Another little-known gem is the fragrant African Gardenia, Mitriostigma axillare. This one is far easier to grow than its “real” gardenia relatives, and it is never without flowers.
Schlumbergera truncate (or truncata), the Thanksgiving cactus, is a bracket plant par excellence. Above, the reddish-orange ‘Kris Kringle’ observes life from an old kerosene lamp bracket.
Another truncate, soft-pink ‘Sonja,’ dazzles the crowd from a lofty perch in the music room. To learn more about the Thanksgiving cactus, click here.
Opera Supreme ‘Pink Morn,’ one of several petunias I’ve rescued from the outdoor garden, is blooming again after a two-month sojourn beneath fluorescents in my study. How I enjoy the sweet, summery-scent while composing this blog! For company occasions, the plant is moved to a stand in the entrance hall. My special method for overwintering petunias and other tender plants can be found here.
‘Candy,’ a dwarf pelargonium, sends up soft-pink umbrels all winter.
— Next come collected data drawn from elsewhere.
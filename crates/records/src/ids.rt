// Lists of ids: which stand in them, and whether any stands twice.
ghost use Rattle.std.specs.Prelude.{◌≡◌};
ghost use Rattle.records.specs.Numbers.{among, each_once, all_zero};

// Whether the id is among these. All are looked at, so that several are at a time.
#[tactic(auto, using(crate::proofs::FoldLaws::fold_among))]
pub(crate) fn among(ids: &[u32], id: u32) -> bool
    ensures { result ≡ among id ids.now }
{
    ids.iter()
        .fold(false, |found, &other| found | (other == id))
}

// Whether these are all 0; also all looked at. Octets have one of their own: a bound that gives `|` and 0 for both says more than either line.
#[tactic(auto, using(crate::proofs::FoldLaws::fold_zero))]
pub(crate) fn are_zero(ids: &[u32]) -> bool
    ensures { result ≡ all_zero ids.now }
{
    ids.iter().fold(0, |used, &id| used | id) == 0
}

// How many flags ids share.
const FLAGS: usize = 256;

// Whether no id stands twice: a search over the pairs of ids, left at the first repeated one. An id is compared with those before it only if one of them has
// set its flag; equal ids have the same flag.
pub(crate) fn each_once(ids: &[u32]) -> bool
    ensures { result ≡ each_once ids.now }
{
    let mut set = [false; FLAGS];
    let mut once = true;
    'pairs: for (i, &id) in ids.iter().enumerate() {
        let flag = id as usize % FLAGS;
        if set[flag] {
            for &other in &ids[..i] {
                if other == id {
                    once = false;
                    break 'pairs;
                }
            }
        }
        set[flag] = true;
    }
    once
}
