ghost use Rattle.std.specs.Prelude.{◌≡◌, ◌+◌, length};
ghost use Rattle.hpack_blocks.specs.Answers.{counted};
ghost use Rattle.hpack_blocks.specs.Table.{size_of};

use crate::fields::Field;

/// What a field of this name and this value counts in a table or a list: its octets and 32 (RFC
/// 7541, section 4.1).
pub fn octets_size(name: &[u8], value: &[u8]) -> u64
    ensures { result ≡ counted (length name.now + length value.now + 32) }
{
    (name.len() as u64)
        .saturating_add(value.len() as u64)
        .saturating_add(32)
}

/// What a field counts.
pub fn field_size(field: &Field) -> u64
    ensures { result ≡ counted (size_of field.now) }
{
    octets_size(field.name.bytes(), field.value.bytes())
}
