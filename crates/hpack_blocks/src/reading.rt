ghost use Rattle.std.specs.Prelude.{◌≡◌, ◌+◌, ◌<◌, ◌≤◌, length, MatchOption, IfOk, None, Some};
ghost use Rattle.hpack_blocks.specs.Table.{entry_at};
ghost use Rattle.hpack_blocks.specs.Answers.{Gives, ReadsField};
ghost use Rattle.hpack_blocks.specs.Reading.{name_at, literal_at, indexed_at, field_at, update_at};
ghost use Rattle.hpack_blocks.specs.Texts.{octets_in, field_in};

use crate::dynamic_table::{DynamicTable, MAX_TABLE_SIZE};
use crate::faults::BlockFault;
use crate::listed::{FieldText, Listed};
use crate::static_table::{STATIC_LEN, static_entry};
use crate::strings::{Text, read_number, read_string};
use std::alloc::Global;

/// The name and value of an index: 1 to 61 are the static table's, the next is the newest entry of
/// the dynamic table (RFC 7541, section 2.3.3).
fn entry_of(table: &DynamicTable, index: u32) -> Option<(&[u8], &[u8])>
    ensures { MatchOption result (entry_at table.now.entries index ≡ None)
        (λ x. entry_at table.now.entries index ≡ Some (record { name = x.0.now; value = x.1.now })) }
{
    if index == 0 {
        return None;
    }
    let place = index as usize - 1;
    if place < STATIC_LEN {
        let (name, value) = static_entry(place);
        return Some((name.as_bytes(), value.as_bytes()));
    }
    match table.get(place - STATIC_LEN) {
        Some(field) => Some((field.name.bytes(), field.value.bytes())),
        None => None,
    }
}

/// An indexed field (RFC 7541, section 6.1).
#[tactic(auto, unfolding(crate::specs::Reading::indexed_at))]
fn read_indexed<'a>(
    table: &'a DynamicTable,
    bytes: &[u8],
) -> Result<(FieldText<'a>, usize), BlockFault>
    ensures reads { Gives (λ x. (field_in x.0, x.1)) result (indexed_at table.now.entries bytes.now) }
    ensures within { IfOk result (λ x. (1 ≤ x.1) × (x.1 ≤ length bytes.now)) }
{
    let (index, used) = read_number(bytes, 7)?;
    let Some((name, value)) = entry_of(table, index) else {
        return Err(BlockFault::BadBlock);
    };
    let (name, value) = (Text::InPlace(name), Text::InPlace(value));
    Ok((FieldText { name, value }, used))
}

/// The name of a literal: that of an entry, or for index 0 a string.
#[tactic(auto, unfolding(crate::specs::Reading::name_at))]
fn read_name<'a>(
    alloc: Global,
    table: &'a DynamicTable,
    index: u32,
    bytes: &'a [u8],
) -> Result<(Text<'a>, usize), BlockFault>
    ensures reads { Gives (λ x. (octets_in x.0, x.1)) result (name_at table.now.entries index bytes.now) }
    ensures within { IfOk result (λ x. x.1 ≤ length bytes.now) }
{
    if index == 0 {
        return read_string(alloc, bytes);
    }
    let Some((name, _)) = entry_of(table, index) else {
        return Err(BlockFault::BadBlock);
    };
    Ok((Text::InPlace(name), 0))
}

/// A literal field (RFC 7541, section 6.2).
#[tactic(auto, unfolding(crate::specs::Reading::literal_at))]
fn read_literal<'a>(
    alloc: Global,
    table: &'a DynamicTable,
    bytes: &'a [u8],
    prefix: u32,
) -> Result<(FieldText<'a>, usize), BlockFault>
    requires some { 1 ≤ prefix }
    requires most { prefix ≤ 8 }
    ensures reads { Gives (λ x. (field_in x.0, x.1)) result (literal_at table.now.entries prefix bytes.now) }
    ensures within { IfOk result (λ x. (1 ≤ x.1) × (x.1 ≤ length bytes.now)) }
{
    let (index, start) = read_number(bytes, prefix)?;
    let (name, name_len) = read_name(alloc, table, index, &bytes[start..])?;
    let (value, value_len) = read_string(alloc, &bytes[start + name_len..])?;
    Ok((FieldText { name, value }, start + name_len + value_len))
}

/// Reads the field at the head of the bytes into the list, and gives the number of its bytes.
#[tactic(auto, unfolding(crate::specs::Reading::field_at))]
pub fn read_field(
    alloc: Global,
    table: &mut DynamicTable,
    list: &mut Listed,
    bytes: &[u8],
) -> Result<usize, BlockFault>
    requires { 0 < length bytes.now }
    ensures { ReadsField result (field_at table.old bytes.now) table.new list.old list.new (length bytes.now) }
{
    let first = bytes[0];
    if first >= 128 {
        let (field, used) = read_indexed(table, bytes)?;
        list.push(alloc, field)?;
        return Ok(used);
    }
    if first >= 64 {
        let (field, used) = read_literal(alloc, table, bytes, 6)?;
        list.push_copy(alloc, &field)?;
        let field = field.into_field(alloc)?;
        table.add(field)?;
        return Ok(used);
    }
    if first >= 32 {
        return Err(BlockFault::BadBlock);
    }
    let (field, used) = read_literal(alloc, table, bytes, 4)?;
    list.push(alloc, field)?;
    Ok(used)
}

/// Reads the size update at the head of the bytes, and gives the number of its bytes.
#[tactic(auto, unfolding(crate::specs::Reading::update_at))]
pub fn read_update(table: &mut DynamicTable, bytes: &[u8]) -> Result<usize, BlockFault>
    ensures reads { Gives (λ used. (table.new, used)) result (update_at table.old bytes.now) }
    ensures within { IfOk result (λ used. (1 ≤ used) × (used ≤ length bytes.now)) }
{
    let (max, used) = read_number(bytes, 5)?;
    if max > MAX_TABLE_SIZE {
        return Err(BlockFault::BadBlock);
    }
    table.resize(max);
    Ok(used)
}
It has bloomed for me in both south and east windows, and also beneath fluorescent lights.
Even a citrus grove is possible in winter. Here, the dwarf ‘Key Lime,’ Citrus aurantifolia, blooms and fruits in full sun. Both flowers and fruit are exquisitely fragrant. Aurantifolia enjoys the same culture as Meyer Lemon, another great citrus for a winter window.
These wax begonias, B. semperflorens, are storm troopers; they flower nonstop even when skies are dull.
Winter is just an illusion when you have African violets. With proper care, the plants bloom continuously. Pictured above is Saintpaulia ‘Special Treat,’ with fully double, rich purple petals edged in white.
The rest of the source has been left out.